--- DATA SHOWN Enclosed Below ---

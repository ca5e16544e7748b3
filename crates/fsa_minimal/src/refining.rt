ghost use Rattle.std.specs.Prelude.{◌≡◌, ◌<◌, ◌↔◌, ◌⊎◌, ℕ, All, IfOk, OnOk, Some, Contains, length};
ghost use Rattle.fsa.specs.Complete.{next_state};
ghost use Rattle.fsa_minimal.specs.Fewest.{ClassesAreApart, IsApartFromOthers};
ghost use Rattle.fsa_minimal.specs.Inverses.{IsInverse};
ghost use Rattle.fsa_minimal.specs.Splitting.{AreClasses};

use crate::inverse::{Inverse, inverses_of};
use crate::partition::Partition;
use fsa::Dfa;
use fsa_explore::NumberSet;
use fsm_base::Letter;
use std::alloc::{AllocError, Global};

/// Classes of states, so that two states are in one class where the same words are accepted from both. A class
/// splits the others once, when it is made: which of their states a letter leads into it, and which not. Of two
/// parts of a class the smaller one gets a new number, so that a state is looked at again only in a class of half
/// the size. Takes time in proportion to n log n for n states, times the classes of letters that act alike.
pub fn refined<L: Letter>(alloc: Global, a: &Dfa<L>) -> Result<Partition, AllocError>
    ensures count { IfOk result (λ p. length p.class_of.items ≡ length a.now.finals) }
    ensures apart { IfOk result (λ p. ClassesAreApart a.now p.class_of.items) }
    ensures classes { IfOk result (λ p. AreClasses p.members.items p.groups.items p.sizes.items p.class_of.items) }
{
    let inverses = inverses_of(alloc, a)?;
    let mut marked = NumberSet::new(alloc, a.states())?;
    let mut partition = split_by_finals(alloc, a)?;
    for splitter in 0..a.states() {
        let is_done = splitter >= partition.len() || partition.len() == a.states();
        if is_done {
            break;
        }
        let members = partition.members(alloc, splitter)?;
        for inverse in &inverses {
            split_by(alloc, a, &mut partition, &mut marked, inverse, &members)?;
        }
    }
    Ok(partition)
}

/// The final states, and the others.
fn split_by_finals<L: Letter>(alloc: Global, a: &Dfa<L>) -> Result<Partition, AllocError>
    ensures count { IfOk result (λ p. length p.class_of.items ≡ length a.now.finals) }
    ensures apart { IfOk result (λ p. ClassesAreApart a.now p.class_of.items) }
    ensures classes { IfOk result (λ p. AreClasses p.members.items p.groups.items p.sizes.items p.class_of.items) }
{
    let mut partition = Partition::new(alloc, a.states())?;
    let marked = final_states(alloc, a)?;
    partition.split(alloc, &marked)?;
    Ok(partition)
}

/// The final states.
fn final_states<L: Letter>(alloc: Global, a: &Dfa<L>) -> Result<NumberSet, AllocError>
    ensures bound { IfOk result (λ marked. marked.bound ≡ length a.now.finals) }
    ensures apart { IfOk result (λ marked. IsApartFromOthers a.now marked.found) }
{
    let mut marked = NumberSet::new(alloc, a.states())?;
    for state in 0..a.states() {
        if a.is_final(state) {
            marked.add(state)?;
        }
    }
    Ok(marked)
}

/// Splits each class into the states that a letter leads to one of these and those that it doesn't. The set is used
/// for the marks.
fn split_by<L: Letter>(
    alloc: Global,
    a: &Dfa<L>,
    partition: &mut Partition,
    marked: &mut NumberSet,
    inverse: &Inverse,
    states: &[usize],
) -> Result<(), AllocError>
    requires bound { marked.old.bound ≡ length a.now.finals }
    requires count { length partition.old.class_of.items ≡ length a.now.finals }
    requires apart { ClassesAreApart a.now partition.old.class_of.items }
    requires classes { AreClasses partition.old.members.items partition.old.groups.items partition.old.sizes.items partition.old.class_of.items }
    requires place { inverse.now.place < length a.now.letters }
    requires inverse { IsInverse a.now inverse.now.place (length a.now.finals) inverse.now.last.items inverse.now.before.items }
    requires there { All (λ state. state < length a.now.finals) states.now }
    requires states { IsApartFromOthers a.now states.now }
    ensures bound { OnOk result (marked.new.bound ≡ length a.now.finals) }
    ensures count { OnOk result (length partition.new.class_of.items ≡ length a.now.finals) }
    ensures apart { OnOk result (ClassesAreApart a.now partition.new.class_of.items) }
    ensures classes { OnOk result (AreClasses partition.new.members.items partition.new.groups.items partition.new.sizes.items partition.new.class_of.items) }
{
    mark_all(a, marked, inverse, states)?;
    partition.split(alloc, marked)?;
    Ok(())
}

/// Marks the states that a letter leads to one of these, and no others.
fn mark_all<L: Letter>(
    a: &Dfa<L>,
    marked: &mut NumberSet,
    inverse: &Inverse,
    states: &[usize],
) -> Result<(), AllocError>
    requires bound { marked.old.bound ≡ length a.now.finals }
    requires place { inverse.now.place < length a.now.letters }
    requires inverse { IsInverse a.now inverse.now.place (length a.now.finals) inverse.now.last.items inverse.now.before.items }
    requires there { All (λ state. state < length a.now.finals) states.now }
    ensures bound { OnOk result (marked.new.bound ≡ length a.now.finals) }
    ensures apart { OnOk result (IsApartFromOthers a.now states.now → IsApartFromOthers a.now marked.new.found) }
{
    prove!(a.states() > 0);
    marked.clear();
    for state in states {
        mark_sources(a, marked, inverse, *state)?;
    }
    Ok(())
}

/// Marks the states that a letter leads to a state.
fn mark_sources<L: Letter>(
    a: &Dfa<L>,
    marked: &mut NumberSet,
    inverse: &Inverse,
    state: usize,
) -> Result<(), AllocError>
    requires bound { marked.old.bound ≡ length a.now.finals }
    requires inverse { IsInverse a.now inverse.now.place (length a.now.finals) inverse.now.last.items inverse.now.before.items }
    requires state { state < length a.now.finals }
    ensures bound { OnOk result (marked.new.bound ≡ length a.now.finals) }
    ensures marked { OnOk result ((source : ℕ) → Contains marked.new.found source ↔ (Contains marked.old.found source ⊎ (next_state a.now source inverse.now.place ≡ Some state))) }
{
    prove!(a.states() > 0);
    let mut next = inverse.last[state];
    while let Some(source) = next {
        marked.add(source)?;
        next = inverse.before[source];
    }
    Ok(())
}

--- End of Enclosed DATA SHOWN ---
--- DATA SHOWN Enclosed Below ---

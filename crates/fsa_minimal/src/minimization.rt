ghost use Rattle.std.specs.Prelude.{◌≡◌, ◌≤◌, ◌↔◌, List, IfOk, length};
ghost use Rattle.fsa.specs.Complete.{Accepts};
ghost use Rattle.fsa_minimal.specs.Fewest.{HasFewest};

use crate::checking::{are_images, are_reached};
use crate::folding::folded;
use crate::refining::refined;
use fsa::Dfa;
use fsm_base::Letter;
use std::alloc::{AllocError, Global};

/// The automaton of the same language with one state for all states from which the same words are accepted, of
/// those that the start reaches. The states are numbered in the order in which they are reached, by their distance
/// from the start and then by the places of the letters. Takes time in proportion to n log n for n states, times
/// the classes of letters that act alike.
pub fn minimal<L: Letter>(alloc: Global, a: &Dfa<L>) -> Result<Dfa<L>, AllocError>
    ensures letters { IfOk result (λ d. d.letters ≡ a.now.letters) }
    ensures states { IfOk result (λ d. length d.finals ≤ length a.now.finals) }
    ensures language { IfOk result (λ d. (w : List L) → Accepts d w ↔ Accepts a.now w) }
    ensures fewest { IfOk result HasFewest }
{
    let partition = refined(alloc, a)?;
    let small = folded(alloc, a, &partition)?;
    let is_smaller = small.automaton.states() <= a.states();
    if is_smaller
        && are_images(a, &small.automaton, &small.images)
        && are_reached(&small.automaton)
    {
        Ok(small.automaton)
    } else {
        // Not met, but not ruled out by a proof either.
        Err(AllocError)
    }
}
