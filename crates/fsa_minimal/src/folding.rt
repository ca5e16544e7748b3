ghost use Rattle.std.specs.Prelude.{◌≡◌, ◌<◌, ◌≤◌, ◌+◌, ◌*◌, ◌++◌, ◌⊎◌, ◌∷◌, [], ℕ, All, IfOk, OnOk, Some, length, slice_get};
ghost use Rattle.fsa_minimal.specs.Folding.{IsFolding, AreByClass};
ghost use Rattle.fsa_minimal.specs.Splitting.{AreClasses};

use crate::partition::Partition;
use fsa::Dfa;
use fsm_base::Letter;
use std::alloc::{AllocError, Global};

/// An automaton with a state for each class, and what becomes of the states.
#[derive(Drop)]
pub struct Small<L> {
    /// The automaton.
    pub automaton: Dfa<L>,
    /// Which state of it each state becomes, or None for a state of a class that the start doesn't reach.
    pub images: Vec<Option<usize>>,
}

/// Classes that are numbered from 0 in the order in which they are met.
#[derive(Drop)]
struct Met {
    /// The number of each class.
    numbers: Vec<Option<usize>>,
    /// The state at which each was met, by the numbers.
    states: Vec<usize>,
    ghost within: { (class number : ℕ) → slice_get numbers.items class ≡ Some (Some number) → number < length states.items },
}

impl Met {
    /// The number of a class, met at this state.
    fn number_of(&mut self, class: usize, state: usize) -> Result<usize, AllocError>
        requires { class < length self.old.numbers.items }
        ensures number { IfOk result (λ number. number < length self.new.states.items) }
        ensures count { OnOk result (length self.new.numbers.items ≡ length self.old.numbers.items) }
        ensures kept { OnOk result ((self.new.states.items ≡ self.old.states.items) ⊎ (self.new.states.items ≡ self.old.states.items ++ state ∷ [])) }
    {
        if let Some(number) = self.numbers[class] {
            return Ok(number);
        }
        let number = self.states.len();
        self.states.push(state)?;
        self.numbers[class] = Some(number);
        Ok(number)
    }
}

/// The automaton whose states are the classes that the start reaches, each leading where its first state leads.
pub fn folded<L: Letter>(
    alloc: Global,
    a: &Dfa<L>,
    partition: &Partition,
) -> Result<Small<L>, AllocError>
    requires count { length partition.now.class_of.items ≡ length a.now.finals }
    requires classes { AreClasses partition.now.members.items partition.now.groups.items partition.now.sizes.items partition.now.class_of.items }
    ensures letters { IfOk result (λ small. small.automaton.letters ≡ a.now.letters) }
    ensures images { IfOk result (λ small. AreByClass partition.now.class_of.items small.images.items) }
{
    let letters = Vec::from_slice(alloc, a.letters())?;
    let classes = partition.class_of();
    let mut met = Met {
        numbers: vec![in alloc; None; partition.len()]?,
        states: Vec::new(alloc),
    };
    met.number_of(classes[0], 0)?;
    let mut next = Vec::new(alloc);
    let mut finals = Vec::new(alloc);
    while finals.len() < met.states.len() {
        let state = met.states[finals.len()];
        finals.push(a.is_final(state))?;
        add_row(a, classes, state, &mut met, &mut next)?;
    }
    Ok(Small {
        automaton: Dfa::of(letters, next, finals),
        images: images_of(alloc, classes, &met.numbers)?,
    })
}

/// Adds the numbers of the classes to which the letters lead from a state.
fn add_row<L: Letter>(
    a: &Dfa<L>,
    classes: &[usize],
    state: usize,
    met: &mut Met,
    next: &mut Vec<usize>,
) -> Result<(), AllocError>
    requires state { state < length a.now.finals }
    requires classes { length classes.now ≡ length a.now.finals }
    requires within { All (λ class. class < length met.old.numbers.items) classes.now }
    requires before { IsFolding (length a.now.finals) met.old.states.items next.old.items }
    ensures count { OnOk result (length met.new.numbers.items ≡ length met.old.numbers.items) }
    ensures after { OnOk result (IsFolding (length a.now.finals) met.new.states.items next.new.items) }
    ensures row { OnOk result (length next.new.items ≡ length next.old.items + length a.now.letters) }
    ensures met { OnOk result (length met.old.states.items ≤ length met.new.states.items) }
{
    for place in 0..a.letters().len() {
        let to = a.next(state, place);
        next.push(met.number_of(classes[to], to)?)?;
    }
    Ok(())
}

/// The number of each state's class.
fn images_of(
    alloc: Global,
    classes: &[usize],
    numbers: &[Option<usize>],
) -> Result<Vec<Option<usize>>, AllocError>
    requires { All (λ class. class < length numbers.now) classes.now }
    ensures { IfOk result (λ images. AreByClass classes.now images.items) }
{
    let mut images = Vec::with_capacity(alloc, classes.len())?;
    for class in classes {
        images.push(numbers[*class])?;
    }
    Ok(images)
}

--- End of Enclosed DATA SHOWN ---
--- DATA SHOWN Enclosed Below ---

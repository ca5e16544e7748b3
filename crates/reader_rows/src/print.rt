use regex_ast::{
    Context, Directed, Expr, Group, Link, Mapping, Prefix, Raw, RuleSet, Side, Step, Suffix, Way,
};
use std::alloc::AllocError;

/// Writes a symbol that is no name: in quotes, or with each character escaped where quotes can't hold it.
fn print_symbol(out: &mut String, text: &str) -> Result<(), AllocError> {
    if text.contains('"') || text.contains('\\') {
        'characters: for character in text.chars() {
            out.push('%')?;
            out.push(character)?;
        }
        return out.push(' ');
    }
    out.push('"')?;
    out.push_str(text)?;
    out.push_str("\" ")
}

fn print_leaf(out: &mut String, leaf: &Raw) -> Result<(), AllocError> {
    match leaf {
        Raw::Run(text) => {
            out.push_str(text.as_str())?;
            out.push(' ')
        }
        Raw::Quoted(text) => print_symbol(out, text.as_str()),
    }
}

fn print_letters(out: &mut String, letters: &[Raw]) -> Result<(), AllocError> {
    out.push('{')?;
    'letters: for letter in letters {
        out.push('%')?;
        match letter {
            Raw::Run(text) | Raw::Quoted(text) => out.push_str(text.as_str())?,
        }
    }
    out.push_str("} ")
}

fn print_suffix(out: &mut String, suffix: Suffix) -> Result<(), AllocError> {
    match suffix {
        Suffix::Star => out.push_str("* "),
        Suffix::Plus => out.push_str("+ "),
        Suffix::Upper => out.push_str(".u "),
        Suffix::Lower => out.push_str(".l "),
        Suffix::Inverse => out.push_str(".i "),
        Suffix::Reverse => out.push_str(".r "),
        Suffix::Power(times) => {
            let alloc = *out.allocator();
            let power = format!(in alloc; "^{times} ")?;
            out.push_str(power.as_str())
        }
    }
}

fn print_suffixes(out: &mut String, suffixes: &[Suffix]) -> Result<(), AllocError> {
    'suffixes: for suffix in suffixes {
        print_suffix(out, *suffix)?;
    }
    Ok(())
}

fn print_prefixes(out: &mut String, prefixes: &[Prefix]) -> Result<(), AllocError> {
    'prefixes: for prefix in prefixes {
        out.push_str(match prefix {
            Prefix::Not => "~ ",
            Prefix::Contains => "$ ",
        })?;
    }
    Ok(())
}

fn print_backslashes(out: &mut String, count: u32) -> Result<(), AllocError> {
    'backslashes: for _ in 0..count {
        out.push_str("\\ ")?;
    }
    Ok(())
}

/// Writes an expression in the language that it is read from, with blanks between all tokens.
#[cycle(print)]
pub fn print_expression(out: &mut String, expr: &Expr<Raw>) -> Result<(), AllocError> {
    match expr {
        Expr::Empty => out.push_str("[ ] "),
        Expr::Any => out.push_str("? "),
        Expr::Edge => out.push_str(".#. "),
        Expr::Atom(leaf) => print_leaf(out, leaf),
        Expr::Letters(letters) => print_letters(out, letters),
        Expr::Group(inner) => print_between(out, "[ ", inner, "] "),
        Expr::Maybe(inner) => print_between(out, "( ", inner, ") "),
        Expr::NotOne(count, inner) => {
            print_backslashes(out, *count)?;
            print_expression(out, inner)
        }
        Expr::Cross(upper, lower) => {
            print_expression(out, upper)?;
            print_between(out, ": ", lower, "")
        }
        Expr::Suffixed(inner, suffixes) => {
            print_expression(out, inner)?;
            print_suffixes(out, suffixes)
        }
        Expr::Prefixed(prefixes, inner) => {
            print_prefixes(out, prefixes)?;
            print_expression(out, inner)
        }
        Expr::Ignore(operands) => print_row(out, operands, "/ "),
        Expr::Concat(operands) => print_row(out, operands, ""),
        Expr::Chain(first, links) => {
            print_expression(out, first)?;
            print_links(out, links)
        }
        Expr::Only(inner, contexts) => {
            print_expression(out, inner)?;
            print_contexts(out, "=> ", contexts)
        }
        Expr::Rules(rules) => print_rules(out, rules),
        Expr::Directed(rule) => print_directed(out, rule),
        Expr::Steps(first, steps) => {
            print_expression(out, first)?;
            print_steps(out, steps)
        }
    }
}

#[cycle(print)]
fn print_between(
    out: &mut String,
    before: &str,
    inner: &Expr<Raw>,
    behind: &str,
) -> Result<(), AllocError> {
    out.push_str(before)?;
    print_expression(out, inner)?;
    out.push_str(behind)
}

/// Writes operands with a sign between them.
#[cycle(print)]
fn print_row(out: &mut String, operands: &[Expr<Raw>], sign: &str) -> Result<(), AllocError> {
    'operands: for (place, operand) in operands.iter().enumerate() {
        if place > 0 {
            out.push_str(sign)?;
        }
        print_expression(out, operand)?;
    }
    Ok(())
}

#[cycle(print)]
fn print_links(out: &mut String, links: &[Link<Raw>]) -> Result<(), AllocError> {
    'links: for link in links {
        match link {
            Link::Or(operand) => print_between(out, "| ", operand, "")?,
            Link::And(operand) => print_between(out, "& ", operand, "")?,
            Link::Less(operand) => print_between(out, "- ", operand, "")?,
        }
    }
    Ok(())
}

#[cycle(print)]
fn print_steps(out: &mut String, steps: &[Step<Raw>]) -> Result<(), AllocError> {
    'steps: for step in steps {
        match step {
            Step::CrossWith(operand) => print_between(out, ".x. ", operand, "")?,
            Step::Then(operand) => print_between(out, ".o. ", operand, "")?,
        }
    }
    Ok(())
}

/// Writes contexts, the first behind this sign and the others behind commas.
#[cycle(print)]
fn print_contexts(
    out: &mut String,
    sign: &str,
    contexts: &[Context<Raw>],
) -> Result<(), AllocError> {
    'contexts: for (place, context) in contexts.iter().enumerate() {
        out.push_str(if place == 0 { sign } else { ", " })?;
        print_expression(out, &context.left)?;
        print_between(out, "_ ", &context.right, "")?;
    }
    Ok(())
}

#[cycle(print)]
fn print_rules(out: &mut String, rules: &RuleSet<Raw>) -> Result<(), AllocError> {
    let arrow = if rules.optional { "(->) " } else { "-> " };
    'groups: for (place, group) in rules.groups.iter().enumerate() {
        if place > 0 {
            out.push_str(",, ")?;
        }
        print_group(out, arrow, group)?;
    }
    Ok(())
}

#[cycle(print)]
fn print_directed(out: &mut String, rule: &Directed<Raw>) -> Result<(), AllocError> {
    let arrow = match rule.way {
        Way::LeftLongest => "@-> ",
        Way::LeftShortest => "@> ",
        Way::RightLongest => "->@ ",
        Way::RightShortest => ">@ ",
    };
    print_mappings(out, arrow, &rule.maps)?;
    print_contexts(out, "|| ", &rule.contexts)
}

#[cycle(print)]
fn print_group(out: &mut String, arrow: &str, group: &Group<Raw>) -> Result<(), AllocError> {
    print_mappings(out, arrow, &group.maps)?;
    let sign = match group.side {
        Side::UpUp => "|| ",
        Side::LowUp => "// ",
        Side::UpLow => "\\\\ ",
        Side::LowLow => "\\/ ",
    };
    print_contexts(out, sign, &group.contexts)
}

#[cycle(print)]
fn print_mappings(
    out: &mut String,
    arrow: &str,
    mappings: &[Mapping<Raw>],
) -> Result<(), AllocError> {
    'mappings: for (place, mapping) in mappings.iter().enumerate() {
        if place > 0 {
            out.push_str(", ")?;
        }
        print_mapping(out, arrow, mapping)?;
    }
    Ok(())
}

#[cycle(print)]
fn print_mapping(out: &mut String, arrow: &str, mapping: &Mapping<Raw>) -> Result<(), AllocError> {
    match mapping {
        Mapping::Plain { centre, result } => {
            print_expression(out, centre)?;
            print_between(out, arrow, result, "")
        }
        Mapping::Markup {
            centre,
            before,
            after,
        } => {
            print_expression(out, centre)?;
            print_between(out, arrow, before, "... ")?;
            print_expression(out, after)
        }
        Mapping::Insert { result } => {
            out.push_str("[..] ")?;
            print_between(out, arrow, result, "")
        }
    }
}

--- End of Enclosed DATA SHOWN ---

#### [YOUR GOAL]
Search the data for the string "these" and copy out every line where it is found.

#### [ANSWER BOX]
/// Splits each class into the states that a letter leads to one of these and those that it doesn't. The set is used
/// Marks the states that a letter leads to one of these, and no others.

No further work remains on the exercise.